In her Senior Six vacation, Suubi says she had a few other relationships which never worked out also.
She further reveals that during those times, she found it hard to disclose her status to men who dated her because she used to hear their negative perceptions against people living with HIV yet she feared rejection.
“Worse still, whenever I used to get boyfriends, some of my siblings, used to go behind my back and disclose my status to them in a very bad way. They [boyfriends] started accusing me that I wanted to infect them yet I was always building time to inform them in an appropriate time.”
Around the same period, Suubi got pregnant with her first child who is now nine years old.
The father of her first child also found out that she was HIV positive through one of her relatives. Suubi says he was so disappointed, but days later he called her so that they settle the issue once and for all.
“He was calm. He assured me that I should not worry because he was willing to take care of his responsibly. When he went for an HIV test he was negative. Though the relationship never went on; we remained friends.”
At the moment, Suubi is in a serious relationship with the father of her two twins. She says she disclosed her status to him before engaging in any sexual relationship.
“When we met, I actually disclosed my status to him, I told him what to expect. It was not that easy to convince him because he spent a few weeks without talking to me but after he called me and said that he wanted to try out a relationship with me. I later took him to my doctors who elaborated to him the possibilities of staying negative with an HIV positive partner.”
All her three children are HIV negative.
Dr Massy Mutumba, an assistant professor in the Department of Health Behavior and Biological Sciences at the University Of Michigan School Of Nursing says people have a right to love irrespective of their health status.
As an HIV advocate, Dr Mutumba divulges that they are working around the clock to empower young people to have health relationships.
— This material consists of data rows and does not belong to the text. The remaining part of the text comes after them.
// Small tests on the parts of a book, the reasons by name, and how a test refuses for one.
#![tactic(auto)]

ghost use Rattle.std.specs.Prelude.{◌≡◌, cond, ◌||◌, ◌<◌};
ghost use Rattle.book.specs.Book.{status_number, participants};
ghost use Rattle.reasons.specs.Numbers.{reason_number};
ghost use Rattle.reasons.specs.Parts.{generates, consumes, roles_of, slot, pends, counts};

use book::{Account, Allocation, Status};

// The reasons of document 01's table, in its order, each with its number: Unusable is for records,
// tables and books that say nothing, and Excess for settlement.
#[derive(Clone, Copy, PartialEq, Eq, PartialOrd, Ord)]
pub enum Reason {
    Unusable = 1,
    NoMonth,
    Already,
    BeforeLast,
    Unknown,
    WrongParty,
    Outside,
    Closed,
    WrongStatus,
    WasWithdrawn,
    AllGiven,
    NotCovered,
    MarginFails,
    LevelPassed,
    NoExcess,
    Excess,
}

// The number of a reason.
impl From<Reason> for u8 {
    ghost from_gives = { λ r n. n ≡ reason_number r };

    fn from(reason: Reason) -> u8 {
        reason as u8
    }
}

// The roles, by number; 0 is not registered. Numbers and no enum: a lent account may hold any, and
// the functions here answer for each.
pub const GENERATOR: u8 = 1;

pub const CUSTOMER: u8 = 2;

pub const BOTH: u8 = 3;

pub const PARTICIPANTS: u8 = 32;

// The most numbers that can be given.
pub const MOST_GIVEN: u16 = 256;

// The days of a month.
pub const FEWEST_DAYS: u8 = 28;

pub const MOST_DAYS: u8 = 31;

// The most that a level can be.
pub const MOST_LEVEL: u32 = 10_000_000;

pub const MOST_QUANTITY: u32 = 20_000_000;

pub const MOST_PRICE: i64 = 5_000_000;

pub const LEAST_FIGURE: i64 = -100_000_000_000;

pub const MOST_FIGURE: i64 = 100_000_000_000;

// Refused for the reason, if the test holds. Two functions, this and the next: a `!` at each call says
// less than the name.
pub fn refused_if<R: Drop>(test: bool, reason: R) -> Result<(), R>
    ensures { result ≡ cond test (Err reason) (Ok tt) }
{
    if test { Err(reason) } else { Ok(()) }
}

// Refused for the reason, unless the test holds.
pub fn refused_unless<R: Drop>(test: bool, reason: R) -> Result<(), R>
    ensures { result ≡ cond test (Ok tt) (Err reason) }
{
    if test { Ok(()) } else { Err(reason) }
}

// This and the next: each is a word of document 01.
pub fn is_generator(roles: u8) -> bool
    ensures { result ≡ generates roles }
{
    roles == GENERATOR || roles == BOTH
}

pub fn is_customer(roles: u8) -> bool
    ensures { result ≡ consumes roles }
{
    roles == CUSTOMER || roles == BOTH
}

// The place of a participant's account; of one past the last, the first place.
pub fn slot_of(participant: u8) -> usize
    ensures { (result ≡ slot participant) × (result < participants) }
{
    if participant < PARTICIPANTS {
        participant as usize
    } else {
        0
    }
}

// The roles of a participant, from the account at its place; past the last participant there are none.
pub fn roles_of(participant: u8, a: Account) -> u8
    ensures { result ≡ roles_of participant a }
{
    if participant < PARTICIPANTS {
        a.roles
    } else {
        0
    }
}

// The number of a status. By a match, since one status carries its minute; and by a function, since
// `From` is for the crate of the type, which is book.
pub fn number_of(status: Status) -> u8
    ensures { result ≡ status_number status }
{
    match status {
        Status::Empty => 0,
        Status::Submitted => 1,
        Status::Withdrawn => 2,
        Status::Accepted => 3,
        Status::ReversalAsked(_) => 4,
        Status::Reversed => 5,
    }
}

// What a record adds to its generator's pending quantity.
pub fn pending_in(l: Allocation) -> u32
    ensures { result ≡ pends l }
{
    match l.status {
        Status::Submitted => l.quantity.0,
        _ => 0,
    }
}

// What a record adds to its parties' accepted quantities.
pub fn accepted_in(l: Allocation) -> u32
    ensures { result ≡ counts l }
{
    match l.status {
        Status::Accepted | Status::ReversalAsked(_) => l.quantity.0,
        _ => 0,
    }
}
“Of course we want them to disclose their status but keeping in mind the social environment we are living in, you don’t have to go around telling everyone your status. For various reasons there is a lot of stigma but we are working with these young people to overcome it. This is the right time for them to be in relationships but again how would you have children that are negative, how do engage in a relationship without transmitting HIV, those are some of the things we want people to be aware of, ” she says.
Statistics:
According to Namusoke, in the late 1980s and 1990s, over 150,000 babies were born with HIV/AIDS because there was no Prevention of mother-to-child HIV transmission (PMTCT) intervention at that time. Most of the children have grown up and they are currently sexually active.
Nevertheless since 1980s, the prevalence rate has since dropped to around 6 per cent. Uganda records about 50,000 new HIV infections annually currently, down from 150,000 in 2013. People dying from AIDS-related illnesses have also reduced by 73 per cent; from 75,000 in the late 1980s and early 1990s, to 20,000 today.
According to a report presented by The Joint United Nations Programme on HIV/AIDS (UNAIDS) in February 2017, young people, especially girls aged between 15 and 24, were disproportionately affected by HIV infection. Among adolescent girls; every single hour, two young women were getting infected with HIV in Uganda. The prevalence of the virus among adolescent girls stood at 9.1 per cent, compared to the national prevalence rate of 6.2 per cent.
Uganda registers 230 HIV new infections a day. Despite widely available anti-retroviral therapy, 76 people die of AIDS-related causes every single day.